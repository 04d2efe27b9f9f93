//! Proofs as they are written. PROOF and END leave no trace, nor do the parentheses and brackets.

use crate::raw::name::RawName;
use crate::raw::term::{RawFormula, RawTerm};
use crate::token::Place;
use sqlite_items::Items;
use std::marker::Model;

/// A number and its place. It is not negative, as it comes from the lexer.
#[derive(Clone, Copy, Debug, PartialEq, Eq)]
pub struct RawNumber {
    pub value: i64,
    pub place: Place,
}

/// The name of an obligation. `group` is the word that it begins with.
#[derive(Debug, Drop)]
pub enum RawObligation {
    /// `group:owner:number`, where the group is INIT.
    OfOwner {
        group: RawName,
        owner: RawName,
        number: RawNumber,
    },
    /// `START:owner:number`
    OfStart {
        /// The place of START.
        place: Place,
        owner: RawName,
        number: RawNumber,
    },
    /// `group:owner:part:number`, where the group is OP, LIVE, LOOP or MATCH.
    OfPart {
        group: RawName,
        owner: RawName,
        part: RawName,
        number: RawNumber,
    },
    /// `group:owner:INITIALISATION:number`, where the group is LIVE.
    OfInitialisation {
        group: RawName,
        owner: RawName,
        /// The place of INITIALISATION.
        place: Place,
        number: RawNumber,
    },
}

/// A row of a linear sum and its multiplier, `hypothesis * multiplier` or `hypothesis * -multiplier`.
#[derive(Clone, Copy, Debug, PartialEq, Eq)]
pub struct RawRow {
    pub hypothesis: RawNumber,
    /// Whether a `-` stands before the multiplier.
    pub minus: bool,
    pub multiplier: RawNumber,
}

/// Rows in order.
pub type RawRows = Items<RawRow>;

/// What a rule is given, in the order in which it is written.
#[derive(Drop)]
pub enum RawArguments {
    Nothing,
    Hypothesis(RawNumber),
    TwoHypotheses(RawNumber, RawNumber),
    Rows(RawRows),
    Formula(RawFormula),
    Term(RawTerm),
    TwoTerms(RawTerm, RawTerm),
    HypothesisTerm(RawNumber, RawTerm),
    TermNumber(RawTerm, RawNumber),
}

/// A rule: its word, as `HYP`, and what it is given.
#[derive(Drop)]
pub struct RawRule {
    pub word: RawName,
    pub arguments: RawArguments,
}

/// A certificate: a rule, and a certificate for each of its premises in order. Contracts see a plain tree.
#[derive(Drop)]
pub struct RawCert {
    pub rule: RawRule,
    pub children: Vec<RawCert>,
}

/// The proof of an obligation, `PROOF name cert END`.
#[derive(Drop)]
pub struct RawProof {
    pub name: RawObligation,
    pub cert: RawCert,
}

/// Proofs in order.
pub type RawProofs = Items<RawProof>;

impl Model for RawCert {
    ghost use Rattle.cb_lex.specs.RawCertTree.{RawCertTree, Node, raw_certs};
    ghost use Rattle.cb_lex.specs.RawCertCodes.{coded_cert};

    ghost Value = { RawCertTree };

    ghost coded = { coded_cert };

    ghost use Rattle.cb_lex.specs.RawCertTree.{cert_nodes};

    ghost view = { λ c. Node c.rule (raw_certs c.children.items) };

    ghost size = { cert_nodes };

    ghost use Rattle.cb_lex.specs.RawCertFalls.{cert_falls};

    ghost size_decreases = { λ a h. cert_falls a.rule a.children.items };
}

*Task prompt*. Each line of the listing above that includes the word "RawRule" should be copied.

*Answer space*.
pub struct RawRule {
    pub rule: RawRule,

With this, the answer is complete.